NFS version 3 already has the READDIRPLUS operation which returns the directory contents and all of the stats together in one call to improve performance for this case. Sometimes the kernel client doesn't use READDIRPLUS and falls back to issuing a bunch of requests - usually because it's being super conservative about security (as if there is such a thing in NFS). It's also not that straightforward for a utility like ls to tell the kernel that it's reading both the directory and the stats for each file - they're separate system calls and the kernel has to figure out what the program is trying to do and optimise.

I wrote a tool that issues raw READDIRPLUS requests to list a directory:

https://rawgit.com/mprovost/NFStash/master/man/nfsls.8.html

tarasglek wrote at 2021-11-30 17:11:13:

Usually going via kernel nfs client will use up more memory bandwidth. I would expect lower per-client numbers. From what I've read you go from 3 memcopies on userspace to 4 with kernel nfs.

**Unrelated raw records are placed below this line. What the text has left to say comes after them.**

// Rules 15 to 18 on one section x and its race, number 31, and the chain 11 to 18, for which `ordered` has the first four. Positions are below the section's
// count; a field past the section's end reads as 0, so every x has its answer.
#![tactic(auto)]

mod consistency;
mod races;
mod seen;

ghost use Rattle.std.specs.Prelude.{◌≡◌};
ghost use Rattle.model.specs.Answers.{checked};
ghost use Rattle.model.specs.Layout.{size};
ghost use Rattle.model.specs.WorkArea.{shown};
ghost use Rattle.model.specs.Rules.{well_formed, racing};
ghost use Rattle.positions.specs.Limit.{limited};

use crate::seen::Found;
use model::{Answer, MAX_ACTIONS};

// 11 to 18 on section s, whose bytes are x and whose happens-before stands in its part.
pub fn well_formed(x: &[u8], part: &[u64], s: u8) -> Result<(), Answer>
    ensures { result ≡ checked (limited x.now (well_formed (shown part.now) s x.now)) }
{
    if fields::size(x) as usize > MAX_ACTIONS {
        return Ok(());
    }
    ordered::ordered(x, s)?;
    Found::new(x, part).consistent(s)
}

// 31: the least pair of positions that races.
pub fn racing(x: &[u8], part: &[u64]) -> Result<(), Answer>
    ensures { result ≡ checked (limited x.now (racing (shown part.now) x.now)) }
{
    if fields::size(x) as usize > MAX_ACTIONS {
        return Ok(());
    }
    races::race_free(x, part)
}
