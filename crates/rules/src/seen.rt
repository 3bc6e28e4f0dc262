// 15 and 16, the seen-write rules, and what they and the consistency rules look up.
ghost use Rattle.std.specs.Prelude.{◌≡◌, ◌&&◌, eqb, ltb, ◌≤◌, ◌<◌};
ghost use Rattle.model.specs.Limits.{max_actions};
ghost use Rattle.model.specs.Search.{any, found, position};
ghost use Rattle.model.specs.Layout.{size, ident, target, write};
ghost use Rattle.model.specs.Rules.{rival, broken15, broken16};
ghost use Rattle.positions.specs.Lists.{positions};
ghost use Rattle.positions.specs.Firsts.{firsts};
ghost use Rattle.rules.specs.Sources.{source, Sources, value_at};
ghost use Rattle.rules.specs.Searches.{seen_by};

use answers::NONE;
use model::MAX_ACTIONS;
use positions::firsts::{KEYS, Key};
use positions::lists::{Positions, WRITES};
use positions::{firsts, idents, lists};

// A section's bytes and its happens-before, and what the four rules look up, found once for them: the source of each action, and the writes.
#[derive(Drop)]
pub(crate) struct Found<'a> {
    pub x: &'a [u8],
    pub part: &'a [u64],
    sources: [u16; MAX_ACTIONS],
    writes: Positions,
    ghost kept: { Sources x.now sources },
    ghost listed: { writes ≡ positions (write x.now) (size x.now) },
}

// The action of the write that the read a sees; none for the initial write, and where a is no read.
fn source(x: &[u8], first: &[u16; KEYS], a: u16) -> Option<u16>
    requires x_bound { size x.now ≤ max_actions }
    requires first_value { first.now ≡ firsts x.now Key.Ident }
    ensures { result ≡ source x.now a }
{
    if !table::read(x, a) {
        return None;
    }
    let d = fields::seen(x, a);
    if d == 0 {
        return None;
    }
    Some(idents::position_of(x, first, d))
}

// The source of each action.
fn sources(x: &[u8]) -> [u16; MAX_ACTIONS]
    requires { size x.now ≤ max_actions }
    ensures { Sources x.now result }
{
    let first = firsts::firsts(x, Key::Ident);
    let mut t = [NONE; MAX_ACTIONS];
    for a in 0..fields::size(x) {
        t[a as usize] = source(x, &first, a).unwrap_or(NONE);
    }
    t
}

// b is a write to a's variable.
fn rival(x: &[u8], a: u16, b: u16) -> bool
    ensures { result ≡ rival x.now a b }
{
    table::write(x, b) && fields::target(x, b) == fields::target(x, a)
}

// Position w is that of a write to a's variable.
fn written(x: &[u8], a: u16, w: u16) -> bool
    ensures { result ≡ (ltb w (size x.now) && rival x.now a w) }
{
    w < fields::size(x) && rival(x, a, w)
}

// b has the identifier d, and is on the variable.
fn sought(x: &[u8], d: u16, variable: u8, b: u16) -> bool
    ensures { result ≡ (eqb (ident x.now b) d && eqb (target x.now b) variable) }
{
    fields::ident(x, b) == d && fields::target(x, b) == variable
}

// The value of the write w; 0 of the initial one.
fn value_at(x: &[u8], w: Option<u16>) -> i64
    ensures { result ≡ value_at x.now w }
{
    w.map_or(0, |w| fields::value(x, w))
}

impl<'a> Found<'a> {
    pub(crate) fn new(x: &'a [u8], part: &'a [u64]) -> Self
        requires { size x.now ≤ max_actions }
        ensures bytes { result.x.now ≡ x.now }
        ensures words { result.part.now ≡ part.now }
    {
        Found {
            x,
            part,
            sources: sources(x),
            writes: lists::listed(x, WRITES),
        }
    }

    // The kept source of a.
    pub(crate) fn source(&self, a: u16) -> Option<u16>
        requires { a < size self.now.x.now }
        ensures { result ≡ source self.now.x.now a }
    {
        let w = self.sources[a as usize];
        if w == NONE { None } else { Some(w) }
    }

    pub(crate) fn writes(&self) -> &[u16]
        ensures { result.now ≡ positions (write self.now.x.now) (size self.now.x.now) }
    {
        self.writes.as_slice()
    }

    // A write to a's variable has the identifier that a sees.
    fn sees_write(&self, a: u16) -> bool
        ensures { result ≡ any (size self.now.x.now) (seen_by self.now.x.now a) }
    {
        let d = fields::seen(self.x, a);
        let variable = fields::target(self.x, a);
        self.writes()
            .iter()
            .any(|b| sought(self.x, d, variable, *b))
    }

    // Where an identifier stands twice, which number 7 refuses, a later action may be the write.
    fn broken15(&self, a: u16) -> bool
        requires { a < size self.now.x.now }
        ensures { result ≡ broken15 self.now.x.now a }
    {
        let Some(w) = self.source(a) else {
            return false;
        };
        !written(self.x, a, w) && !self.sees_write(a)
    }

    pub(crate) fn first15(&self) -> Option<u16>
        ensures { result ≡ position (found (size self.now.x.now) (broken15 self.now.x.now)) }
    {
        (0..fields::size(self.x)).find(|a| self.broken15(*a))
    }

    fn broken16(&self, a: u16) -> bool
        requires { a < size self.now.x.now }
        ensures { result ≡ broken16 self.now.x.now a }
    {
        table::read(self.x, a) && fields::value(self.x, a) != value_at(self.x, self.source(a))
    }

    pub(crate) fn first16(&self) -> Option<u16>
        ensures { result ≡ position (found (size self.now.x.now) (broken16 self.now.x.now)) }
    {
        (0..fields::size(self.x)).find(|a| self.broken16(*a))
    }
}
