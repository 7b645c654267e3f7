// The calls on the heaps whose words a store holds.
#![tactic(auto)]

pub mod decrease;
pub mod delete;
pub mod insert;
pub mod meld;
pub mod perform;
pub mod raise;
pub mod refusal;

// What a call that is done answers, with the tally after it.
pub use consolidate::Reply;
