// Insertion, and the minimum shown.
ghost use Rattle.std.specs.Prelude.{◌≡◌};
ghost use Rattle.rules.specs.declared.Call.TheVariants.{Insert, FindMin};
ghost use Rattle.rules.specs.Order as order;
ghost use Rattle.rules.specs.Queues.{after_call};
ghost use Rattle.rules.specs.Words.{encode, queues_of, forests_of};
ghost use Rattle.store.specs.Says.{Changes};
ghost use Rattle.heap.specs.Allowed.{Allowed};
ghost use Rattle.heap.specs.Entered.{entered, item_counted, EnterReady, CountItemReady};

use rules::{Field, Layout};
use store::keys::put_key;
use store::order::lesser_of;
use store::{NONE, Owner, append, get, put};

// The words of a new tree that do not depend on its place in the row.
fn enter(s: &mut [u32], n: usize, h: u32, i: u32, k: u32)
    requires { EnterReady n s.old h i }
    ensures { Changes n s.old (entered h i k) s.new }
{
    put_key(s, n, h, i, k);
    put(s, n, Field::State, i, 1 + 2 * h);
    put(s, n, Field::FirstChild, i, NONE);
    put(s, n, Field::LastChild, i, NONE);
}

// The heap's words: one item more, and its minimum.
fn count_item(s: &mut [u32], n: usize, h: u32, i: u32)
    requires { CountItemReady n s.old h i }
    ensures { Changes n s.old (item_counted h i) s.new }
{
    let m = get(s, n, Field::Minimum, h);
    let c = get(s, n, Field::Count, h);
    let least = lesser_of(s, Layout::ByItem, n, h, m, i);
    put(s, n, Field::Count, h, c + 1);
    put(s, n, Field::Minimum, h, least);
}

// I: a new tree at the row's end.
pub fn insert(s: &mut [u32], n: usize, h: u32, i: u32, k: u32)
    requires { Allowed s.old n (Insert h i k) }
    ensures { s.new ≡ encode (after_call (queues_of s.old) (Insert h i k)) }
{
    enter(s, n, h, i, k);
    append(s, n, Owner::Row(h), i);
    count_item(s, n, h, i);
}

// M: the minimum of a heap.
pub fn find_min(s: &[u32], n: usize, h: u32) -> u32
    requires { Allowed s.now n (FindMin h) }
    ensures { result ≡ order.minimum (forests_of s.now) h }
{
    get(s, n, Field::Minimum, h)
}
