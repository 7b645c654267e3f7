// Any call on a sound store: refused under 7 to 13 or 25, or done.
ghost use Rattle.rules.specs.declared.Call.TheVariants.{Insert, FindMin, ExtractMin, DecreaseKey, Delete, Meld, Raise};
ghost use Rattle.heap.specs.Allowed.{MayMove};
ghost use Rattle.heap.specs.Performed.{Ready, Done, Performed};

use super::Reply;
use super::decrease::{decrease_key, heap_of};
use super::delete::{delete, extract_min};
use super::insert::{find_min, insert};
use super::meld::meld;
use super::raise::raise;
use super::refusal::refusal;
use rules::{Call, Field, Layout, Refusal, Tally};
use store::keys::key_of;
use store::{get, items_of};

fn inserted(s: &mut [u32], n: usize, h: u32, i: u32, k: u32, tally: Tally) -> Reply
    requires { MayMove s.old n (Insert h i k) tally }
    ensures { Done s.old (Insert h i k) tally result s.new }
{
    insert(s, n, h, i, k);
    Reply {
        item: i,
        key: k,
        tally,
    }
}

fn found_min(s: &mut [u32], n: usize, h: u32, tally: Tally) -> Reply
    requires { MayMove s.old n (FindMin h) tally }
    ensures { Done s.old (FindMin h) tally result s.new }
{
    let i = find_min(s, n, h);
    let k = key_of(s, Layout::ByItem, n, h, i);
    Reply {
        item: i,
        key: k,
        tally,
    }
}

// Item and key are read before the call: with those of `consolidate::extract_min` a feed call, which wants neither, takes
// 1.02 times as long.
fn extracted(s: &mut [u32], n: usize, h: u32, tally: Tally) -> Reply
    requires { MayMove s.old n (ExtractMin h) tally }
    ensures { Done s.old (ExtractMin h) tally result s.new }
{
    let i = get(s, n, Field::Minimum, h);
    let k = key_of(s, Layout::ByItem, n, h, i);
    let after = extract_min(s, n, h, tally);
    Reply {
        item: i,
        key: k,
        tally: after,
    }
}

fn decreased(s: &mut [u32], n: usize, i: u32, k: u32, tally: Tally) -> Reply
    requires { MayMove s.old n (DecreaseKey i k) tally }
    ensures { Done s.old (DecreaseKey i k) tally result s.new }
{
    let after = decrease_key(s, n, i, k, tally);
    Reply {
        item: i,
        key: k,
        tally: after,
    }
}

fn deleted(s: &mut [u32], n: usize, i: u32, tally: Tally) -> Reply
    requires { MayMove s.old n (Delete i) tally }
    ensures { Done s.old (Delete i) tally result s.new }
{
    let k = key_of(s, Layout::ByItem, n, heap_of(s, n, i), i);
    let after = delete(s, n, i, tally);
    Reply {
        item: i,
        key: k,
        tally: after,
    }
}

fn melded(s: &mut [u32], n: usize, a: u32, b: u32, tally: Tally) -> Reply
    requires { MayMove s.old n (Meld a b) tally }
    ensures { Done s.old (Meld a b) tally result s.new }
{
    let c = get(s, n, Field::Count, a);
    let d = get(s, n, Field::Count, b);
    meld(s, n, a, b);
    Reply {
        item: a,
        key: c + d,
        tally,
    }
}

fn raised(s: &mut [u32], n: usize, h: u32, d: u32, tally: Tally) -> Reply
    requires { MayMove s.old n (Raise h d) tally }
    ensures { Done s.old (Raise h d) tally result s.new }
{
    let c = get(s, n, Field::Count, h);
    raise(s, n, h, d);
    Reply {
        item: h,
        key: c,
        tally,
    }
}

// A call that is not refused.
fn perform_allowed(s: &mut [u32], n: usize, call: Call, tally: Tally) -> Reply
    requires { MayMove s.old n call tally }
    ensures { Done s.old call tally result s.new }
{
    match call {
        Call::Insert { heap, item, key } => inserted(s, n, heap, item, key, tally),
        Call::FindMin { heap } => found_min(s, n, heap, tally),
        Call::ExtractMin { heap } => extracted(s, n, heap, tally),
        Call::DecreaseKey { item, key } => decreased(s, n, item, key, tally),
        Call::Delete { item } => deleted(s, n, item, tally),
        Call::Meld { into, from } => melded(s, n, into, from, tally),
        Call::Raise { heap, by } => raised(s, n, heap, by, tally),
    }
}

// Any call, refused under 7 to 13 or 25, or done.
pub fn perform(s: &mut [u32], call: Call, tally: Tally) -> Result<Reply, Refusal>
    requires { Ready s.old tally }
    ensures { Performed s.old call tally result s.new }
{
    let n = items_of(s);
    refusal(s, n, call)?;
    Ok(perform_allowed(s, n, call, tally))
}
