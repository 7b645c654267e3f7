// Why a call is refused, by the order of the table.
ghost use Rattle.std.specs.Prelude.{◌≡◌, ℕ};
ghost use Rattle.rules.specs.declared.Call.TheVariants.{Insert, ExtractMin, DecreaseKey, Delete, Meld, Raise};
ghost use Rattle.rules.specs.Answers as answers;
ghost use Rattle.rules.specs.Forests.{Forests};
ghost use Rattle.rules.specs.Refusals.{code_of};
ghost use Rattle.rules.specs.Words.{forests_of};
ghost use Rattle.heap.specs.Allowed.{Store};

use super::decrease::heap_of;
use super::raise::carries_over;
use rules::{Call, Field, Layout, Refusal};
use store::keys::key_of;
use store::{NONE, get};

fn refuse_insert(s: &[u32], n: usize, h: u32, i: u32) -> Result<(), Refusal>
    requires { Store s.now n }
    ensures { (k : ℕ) → code_of result ≡ answers.refusal (forests_of s.now) (Insert h i k) }
{
    if h > 7 {
        return Err(Refusal::NoSuchHeap);
    }
    if i as usize >= n {
        return Err(Refusal::NoSuchItem);
    }
    if get(s, n, Field::State, i) != 0 {
        return Err(Refusal::ItemInHeap);
    }
    Ok(())
}

// M and T.
fn refuse_minimum(s: &[u32], n: usize, h: u32) -> Result<(), Refusal>
    requires { Store s.now n }
    ensures { code_of result ≡ answers.refusal (forests_of s.now) (ExtractMin h) }
{
    if h > 7 {
        return Err(Refusal::NoSuchHeap);
    }
    let first = get(s, n, Field::FirstTree, h);
    if first == NONE {
        return Err(Refusal::EmptyHeap);
    }
    Ok(())
}

fn refuse_delete(s: &[u32], n: usize, i: u32) -> Result<(), Refusal>
    requires { Store s.now n }
    ensures { code_of result ≡ answers.refusal (forests_of s.now) (Delete i) }
{
    if i as usize >= n {
        return Err(Refusal::NoSuchItem);
    }
    if get(s, n, Field::State, i) == 0 {
        return Err(Refusal::ItemFree);
    }
    Ok(())
}

// As for X, and then by the key.
fn refuse_decrease(s: &[u32], n: usize, i: u32, k: u32) -> Result<(), Refusal>
    requires { Store s.now n }
    ensures { code_of result ≡ answers.refusal (forests_of s.now) (DecreaseKey i k) }
{
    refuse_delete(s, n, i)?;
    if k > key_of(s, Layout::ByItem, n, heap_of(s, n, i), i) {
        return Err(Refusal::LargerKey);
    }
    Ok(())
}

fn refuse_meld(a: u32, b: u32) -> Result<(), Refusal>
    ensures { (t : Forests) → code_of result ≡ answers.refusal t (Meld a b) }
{
    if a > 7 || b > 7 {
        return Err(Refusal::NoSuchHeap);
    }
    if a == b {
        return Err(Refusal::SameHeap);
    }
    Ok(())
}

fn refuse_raise(s: &[u32], n: usize, h: u32, d: u32) -> Result<(), Refusal>
    requires { Store s.now n }
    ensures { code_of result ≡ answers.refusal (forests_of s.now) (Raise h d) }
{
    if h > 7 {
        return Err(Refusal::NoSuchHeap);
    }
    if carries_over(s, n, h, d) {
        return Err(Refusal::KeyOverflow);
    }
    Ok(())
}

pub fn refusal(s: &[u32], n: usize, call: Call) -> Result<(), Refusal>
    requires { Store s.now n }
    ensures { code_of result ≡ answers.refusal (forests_of s.now) call }
{
    match call {
        Call::Insert { heap, item, key: _ } => refuse_insert(s, n, heap, item),
        Call::FindMin { heap } => refuse_minimum(s, n, heap),
        Call::ExtractMin { heap } => refuse_minimum(s, n, heap),
        Call::DecreaseKey { item, key } => refuse_decrease(s, n, item, key),
        Call::Delete { item } => refuse_delete(s, n, item),
        Call::Meld { into, from } => refuse_meld(into, from),
        Call::Raise { heap, by } => refuse_raise(s, n, heap, by),
    }
}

I haven't yet instrumented memory bandwidth on my amd machines, but it feels like I'm at the limit.

tarasglek wrote at 2021-11-30 17:16:26:

In this case my job was to generate a synthetic workload to drive max bandwidth. So I didn't have to worry about metadata.

Metadata is more complicated to model, need realistic directory structures etc.

https://www.spec.org/sfs2014/

(2020 version) is a good test of a metadata-heavy workloads, but isn't open source like fio :(.

mprovost wrote at 2021-11-30 18:26:11:

The nice thing about NFS (v3) is that it's stateless, so you can just keep doing the same thing over and over. Messing around with metadata sucks but once you get the filehandle of the file that you want to read or write then you don't need it anymore.

I wrote a suite of tools that does all this and dumps the NFS transactions as JSON, maybe it can be useful:

https://github.com/mprovost/NFStash

guenthert wrote at 2021-11-30 19:15:04:

"This means that to establish multiple connections one must do something terrible like requiring NFS server to have multiple IPs"

Oh the horror.

guenthert wrote at 2021-11-30 18:51:23:

"To make use of multiple NICs I needed multiple NFS connections per NIC."

What? I presume "multiple NFS connections per host." was meant. Not sure what those NFS connections are supposed to be though. NFSv3 is (stateless) request/response protocol on top of TCP/IP connections. NFSv4 introduced sessions, but here NFSv3 was used, wasn't it?

gtirloni wrote at 2021-11-30 15:02:52:

TL;DR; Author integrated libnfs in the fio benchmark tool.

mayli wrote at 2021-11-30 22:14:21:

Thanks, however I come to this post after reading the full blog.